In base alle nuove disposizioni, la fattura si intende emessa sia nell'ipotesi in cui il SdI rilascia una ricevuta di consegna, sia nell'ipotesi in cui il sistema rilascia una ricevuta attestante l'impossibilità di recapito.
Per eventuali rettifiche successive, in entrambi i casi, il fornitore dovrà emettere una nota di variazione che dovrà transitare necessariamente sul SdI.
La fattura si intende non emessa soltanto nell'ipotesi in cui il sistema rilascia una ricevuta di scarto. In tal caso, la nota di variazione eventualmente emessa per "stornare" la fattura nella contabilità del fornitore non dovrà transitare dal SdI, in quanto la fattura originaria non è mai stata presa in carico dal sistema.

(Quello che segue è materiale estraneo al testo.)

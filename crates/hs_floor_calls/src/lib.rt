//! Public calls of low crates that no case and no program of the gate makes.
#![tactic(auto)]

#[cfg(test)]
mod addresses;
mod counted;
#[cfg(test)]
mod lists;
#[cfg(test)]
mod notes;
#[cfg(test)]
mod peer_log;
#[cfg(test)]
mod plans;
#[cfg(test)]
mod reach;
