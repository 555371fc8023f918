//! A list of entries, and a journal.
use hs_entry::{Entry, EntryList};
use hs_journal::{Journal, JournalEntry, Who};
use hs_model::{Deed, Reply};
use std::test::Fail;

#[test]
fn a_list_takes_an_entry(rt: HostRuntime) -> Result<(), Fail> {
    let mut list = EntryList::new(rt.alloc());
    if list.rank().number == 0 {
        list.push(1, Entry::View { view: 3 })?;
    }
    assert_eq!(rt; list.rank().view, 3);
    Ok(())
}

#[test]
fn a_journal_takes_an_entry(rt: HostRuntime) -> Result<(), Fail> {
    let mut journal = Journal::new(rt.alloc(), 1);
    journal.push(JournalEntry {
        who: Who::Line(1),
        moment: 0,
        deed: Deed::Nothing,
        reply: Reply::Ok,
    })?;
    assert_eq!(rt; journal.entries().len(), 1);
    Ok(())
}
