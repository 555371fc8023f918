//! What slips and tokens note, with ample memory.
use hs_desk::{CoreFault, Done, Job, Next, Slip, Token};
use hs_limits::{ListOf, Name};
use hs_model::{Asked, Reply};
use std::alloc::Global;
use std::test::Fail;

/// How many numbers a slip has after an entry was sealed.
fn sealed(alloc: Global) -> Result<usize, CoreFault> {
    let mut slip = Slip::new(alloc, 1);
    slip.reserve()?;
    slip.hand(&Ok(Next::Do(Job::Seal { number: 7 })));
    slip.take_report(Done::Sealed { number: 7 }, Ok(()))?;
    Ok(slip.stored.as_slice().len())
}

/// How many handles a client holds, and how many answers it has kept, after one operation.
fn answered(alloc: Global, session: Name) -> Result<(usize, usize), CoreFault> {
    let mut token = Token::new(alloc, session);
    token.begin(Asked::Stat, Ok(1));
    token.answer(alloc, 0, &Reply::Ok)?;
    Ok((token.held.as_slice().len(), token.kept.as_slice().len()))
}

#[test]
fn a_sealed_entry_is_noted(rt: HostRuntime) -> Result<(), Fail> {
    assert_eq!(rt; sealed(rt.alloc())?, 1);
    Ok(())
}

#[test]
fn an_answer_is_noted(rt: HostRuntime) -> Result<(), Fail> {
    let bytes = ListOf::from_vec(Vec::from_slice(rt.alloc(), b"w0")?);
    let session = Name::from_list(bytes).unwrap();
    assert_eq!(rt; answered(rt.alloc(), session)?, (0, 1));
    Ok(())
}
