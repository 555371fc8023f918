//! What is reached, unreachable and peeled in a store of one block.
ghost use Rattle.std.specs.Prelude.{IfOk};
ghost use Rattle.hs_model.specs.Plain.{IsPlain};

use hs_limits::{Address, ListOf, Shape};
use hs_model::{PlainBlock, PlainStore, peel, reached, unreachable};
use std::alloc::Global;
use std::test::Fail;

const FIRST: Address = Address([1; 32]);

const SECOND: Address = Address([2; 32]);

/// A store of one block, which points to an address with no block.
fn one_block(alloc: Global) -> Result<PlainStore, Fail>
    ensures { IfOk result IsPlain }
{
    let block = PlainBlock {
        address: FIRST,
        pointers: ListOf::from_vec(vec![in alloc; SECOND; 1]?),
        born: 1,
    };
    let mut blocks = ListOf::new(alloc);
    blocks.push(block)?;
    Ok(PlainStore {
        shape: Shape {
            shards: 1,
            copies: 1,
        },
        blocks,
        given: ListOf::new(alloc),
        roots: ListOf::new(alloc),
        epochs: ListOf::from_vec(vec![in alloc; 2; 1]?),
        swept: ListOf::from_vec(vec![in alloc; 1; 1]?),
    })
}

#[test]
fn a_block_reaches_what_it_points_to(rt: HostRuntime) -> Result<(), Fail> {
    let store = one_block(rt.alloc())?;
    let list = reached(rt.alloc(), &store, &[FIRST])?;
    assert_eq!(rt; list.as_slice(), [FIRST, SECOND].as_slice());
    Ok(())
}

#[test]
fn a_block_that_nothing_keeps_is_unreachable(rt: HostRuntime) -> Result<(), Fail> {
    let store = one_block(rt.alloc())?;
    let list = unreachable(rt.alloc(), &store, 2, 0)?;
    assert_eq!(rt; list.as_slice(), [FIRST].as_slice());
    Ok(())
}

#[test]
fn a_block_that_nothing_holds_is_peeled(rt: HostRuntime) -> Result<(), Fail> {
    let store = one_block(rt.alloc())?;
    let list = peel(rt.alloc(), &store, &[SECOND])?;
    assert_eq!(rt; list.as_slice(), [FIRST].as_slice());
    Ok(())
}
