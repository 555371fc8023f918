//! A count and a mark of an address.
use hs_counts::Counts;
use hs_limits::Address;
use hs_marks::Marks;
use std::test::Fail;

const ADDRESS: Address = Address([7; 32]);

#[test]
fn an_address_is_placed_with_the_count_zero(rt: HostRuntime) -> Result<(), Fail> {
    let mut counts = Counts::new(rt.alloc());
    counts.place(ADDRESS)?;
    assert_eq!(rt; counts.zero_new()?.as_slice(), [ADDRESS].as_slice());
    Ok(())
}

#[test]
fn an_address_is_marked(rt: HostRuntime) -> Result<(), Fail> {
    let mut marks = Marks::new(rt.alloc());
    marks.give(ADDRESS, 3)?;
    assert_eq!(rt; marks.get(&ADDRESS), Some(3));
    Ok(())
}
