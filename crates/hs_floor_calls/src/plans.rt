//! The files of a load, and its summary.
use hs_script::{FilePlan, ScriptFault, WriterSum, generate, summary};
use std::alloc::{AllocError, Global};
use std::collections::BTreeSet;
use std::test::Fail;

/// How many different blocks the kept files of a load have, and how many files these are. A leaf is a
/// block of its number alone, and no two files have the same last block, since no two have the same tag.
fn kept_of(
    alloc: Global,
    seed: u64,
    writers: u8,
    files: u32,
) -> Result<(usize, usize), ScriptFault> {
    let mut leaves = BTreeSet::new(alloc);
    let mut tags = BTreeSet::new(alloc);
    for writer in 0..writers {
        for file in 0..files {
            if file % 4 != 3 {
                let plan = generate(alloc, seed, writer, file)?;
                add_plan(&plan, &mut leaves, &mut tags)?;
            }
        }
    }
    Ok((leaves.len().saturating_add(tags.len()), tags.len()))
}

/// The numbers of a file's leaves, and its tag, join the others.
fn add_plan(
    plan: &FilePlan,
    leaves: &mut BTreeSet<u64>,
    tags: &mut BTreeSet<u64>,
) -> Result<(), AllocError> {
    for leaf in plan.leaves.as_slice() {
        leaves.insert(*leaf)?;
    }
    tags.insert(plan.tag)?;
    Ok(())
}

#[test]
fn four_writers_of_twenty_files_keep_462_blocks(rt: HostRuntime) -> Result<(), Fail> {
    assert_eq!(rt; kept_of(rt.alloc(), 7, 4, 20)?, (462, 60));
    Ok(())
}

#[test]
fn eight_writers_of_twenty_five_files_keep_1100_blocks(rt: HostRuntime) -> Result<(), Fail> {
    assert_eq!(rt; kept_of(rt.alloc(), 1, 8, 25)?, (1100, 152));
    Ok(())
}

#[test]
fn a_load_is_summed_up(rt: HostRuntime) -> Result<(), Fail> {
    let mut text = Vec::new(rt.alloc());
    let sums = [
        WriterSum { files: 4, kept: 3 },
        WriterSum {
            files: 20,
            kept: 15,
        },
    ];
    summary(rt.alloc(), &sums, 18, 120, &mut text)?;
    let expected = b"writer 0 files 4 kept 3\nwriter 1 files 20 kept 15\nroots 18\nblocks 120\n";
    assert_eq!(rt; text.as_slice(), expected.as_slice());
    Ok(())
}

Occorre però osservare che in una nota congiunta del 15.5.2018, ANC e Confimi Industria, commentando il provvedimento 89757/2018 in tema di fatturazione elettronica, sottolineano come le “asincronie” fra la data di trasmissione del documento al Sistema di Interscambio, la data di ricezione del SdI e quella di recapito al destinatario possano far ritenere sostenibile “il non contrasto del requisito dell’arrivo/possesso della fattura (C.M. 1/E/2018) con la disciplina del DPR 100/98”.
Nel documento si legge infatti come, al fine dell’individuazione del dies a quo di decorrenza del diritto alla detrazione, possa essere sufficiente che il possesso della fattura “risulti perfezionato entro la scadenza della liquidazione dell’IVA”.
ANC e Confimi Industria sottolineano come, nella circostanza in cui il 31 maggio il cessionario proceda all’acquisto di un bene e nella stessa data il cedente emetta e trasmetta la fattura elettronica al SdI, questa potrebbe essere recapitata al cessionario successivamente, ad esempio il 1° giugno.
Se non fosse concessa al cessionario la possibilità di esercitare la detrazione con riferimento al mese di maggio, verrebbe violato il principio della detrazione immediata previsto dall’art. 179 della direttiva 2006/112/CE, secondo cui il soggetto passivo “opera la detrazione globalmente, sottraendo dall'importo dell'imposta dovuta per un periodo d'imposta l'ammontare dell'IVA per la quale il diritto a detrazione è sorto, nello stesso periodo”.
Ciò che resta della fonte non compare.